Wondering which is currently the strongest model. Is Challenge 1 still the strongest? Also, sh ./download_model.sh 2
seems to save to data/model/model_best_*
, but config.py (and in README) seems to expect it in /data/model/next_generation/*
Hi - new record for gzero (of a different kind - playing equal to ntest level 3 after only 12 hours of training). Discovered a pretty bad bug with PUCT constants this morning, which is the reason for a new run.
Some points:
@richemslie Your implementation using C++ looks very interesting. I'm curious how many self-play games per second or minute you can generate. By taking into account your small architecture, it may be possible to compare your speed with that of Python-only implementations.
@AranKomat - it is hard to give exact numbers for comparison, but using a batch size of 1024 on 1080ti card, it can be 100% saturated with 2 c++ threads.

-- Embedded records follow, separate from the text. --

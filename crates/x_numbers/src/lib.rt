//! The numbers that the spellings of the language stand for (RFC 4506, section 6.2), and which of them an
//! enum, a size or a program may have.
#![tactic(auto)]

ghost use Rattle.std.specs.Prelude.{◌≡◌, ◌<◌, ◌≤◌, ◌^◌, SomeIff, IsTrue};
ghost use Rattle.x_numbers.specs.Numbers.{digit_value, value_in, magnitude, in_range, value};
ghost use Rattle.x_numbers.specs.Numbers.{is_enum_number, is_word_number, next_number};

/// The value of a digit.
fn digit_value(byte: u8) -> u64
    ensures { result ≡ digit_value byte }
{
    let value = match byte {
        ..58 => byte.saturating_sub(48),
        58..97 => byte.saturating_sub(55),
        97.. => byte - 87,
    };
    u64::from(value)
}

/// The number that the digits stand for, where it fits 64 bits.
fn value_in(base: u64, digits: &[u8]) -> Option<u64>
    requires { 0 < base }
    ensures { SomeIff result (value_in base digits.now < 2 ^ 64) (value_in base digits.now) }
{
    let mut value = 0u64;
    for byte in digits {
        let Some(high) = value.checked_mul(base) else {
            return None;
        };
        let Some(next) = high.checked_add(digit_value(*byte)) else {
            return None;
        };
        value = next;
    }
    Some(value)
}

/// The number without its sign, where it fits 64 bits.
#[tactic(auto, unfolding(crate::specs::Numbers::magnitude))]
fn magnitude(text: &[u8]) -> Option<u64>
    ensures { SomeIff result (magnitude text.now < 2 ^ 64) (magnitude text.now) }
{
    match text {
        [b'0', b'x' | b'X', digits @ ..] => value_in(16, digits),
        [b'0', digits @ ..] => value_in(8, digits),
        [b'-', digits @ ..] => value_in(10, digits),
        digits => value_in(10, digits),
    }
}

/// The number that the text stands for, if a constant may have it: from -2^63 to 2^64-1.
#[tactic(auto, unfolding(crate::specs::Numbers::in_range, crate::specs::Numbers::value))]
pub fn number_value(text: &[u8]) -> Option<i128>
    ensures { SomeIff result (IsTrue (in_range text.now)) (value text.now) }
{
    let magnitude = magnitude(text)?;
    if text.first() != Some(&b'-') {
        return Some(i128::from(magnitude));
    }
    if magnitude > 1 << 63 {
        return None;
    }
    Some(-i128::from(magnitude))
}

/// Whether an enumerator may have the number: from -2^31 to 2^31-1 (RFC 4506, section 4.3).
pub fn is_enum_number(number: i128) -> bool
    ensures { result ≡ is_enum_number number }
{
    -(1 << 31) <= number && number < 1 << 31
}

/// Whether the number is a size, or that of a program, a version or a procedure: from 0 to 2^32-1.
pub fn is_word_number(number: i128) -> bool
    ensures { result ≡ is_word_number number }
{
    0 <= number && number < 1 << 32
}

/// The number of an enumerator without a value, by that of the one before.
pub fn next_number(before: Option<i128>) -> Option<i128>
    ensures { result ≡ next_number before }
{
    match before {
        Some(number) => {
            if is_enum_number(number) {
                Some(number + 1)
            } else {
                None
            }
        }
        None => None,
    }
}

I am seeing 20480 model evaluations, and hence for ~60 moves at 800 evaluations per move, that is 2.3 seconds per game. For the tiny (initial) network (8 res, 64 filters,64 hidden), it took 3 c++ threads to saturate and was about twice as fast (1.1 seconds). The second card is throttled to prevent overheating it (adding a sleep into my optimised c++ code was painful!) - it roughly works out to 14 seconds per game. Note that the reversi game is defined in a prolog like language, and then interpreted... so if it was a custom reversi implementation in c++ it would be much faster, and it wouldn't require so many threads to saturate the GPU.
@mokemokechicken achieved 22 seconds per game with 256 filters, a single 1080ti and half as many sims/move. I assume it would take 22s per game with two 1080ti's and 800 sims/move. Though arch FLOPS is (256/96)^2~7 times larger, GPU and TF scales weirdly. So, if I assume yours would take 2.3x3 s per game with the same architecture as moke's, the speedup of using C++ is probably 22/(2.3x3)~3.3 times? I'm looking forward to your updates!
@fuzzthink
I am sorry to have confused you.
Wondering which is currently the strongest model. Is Challenge 1 still the strongest?
Now, "challenge 5 model" and "ch5 config" are strongest in my models.
Also, sh ./download_model.sh 2 seems to save to data/model/modelbest, but config.py (and in README) seems to expect it in /data/model/next_generation/
Please remove( or rename) data/model/next_generation/
directory if you want to use "BestModel" at data/model/model_best_*
.
For example,
rm -rf data/model/next_generation/
sh ./download_model.sh 5
# run as wxPython GUI
python src/reversi_zero/run.py play_gui --type ch5
If you want to use as a NBoard engine, please use nboard_engine --type ch5
for the Command.
Please share your reversi model achievement! Models that are not reversi-alpha-zero are also welcome. Battle record, configuration, repository url, comments and so on.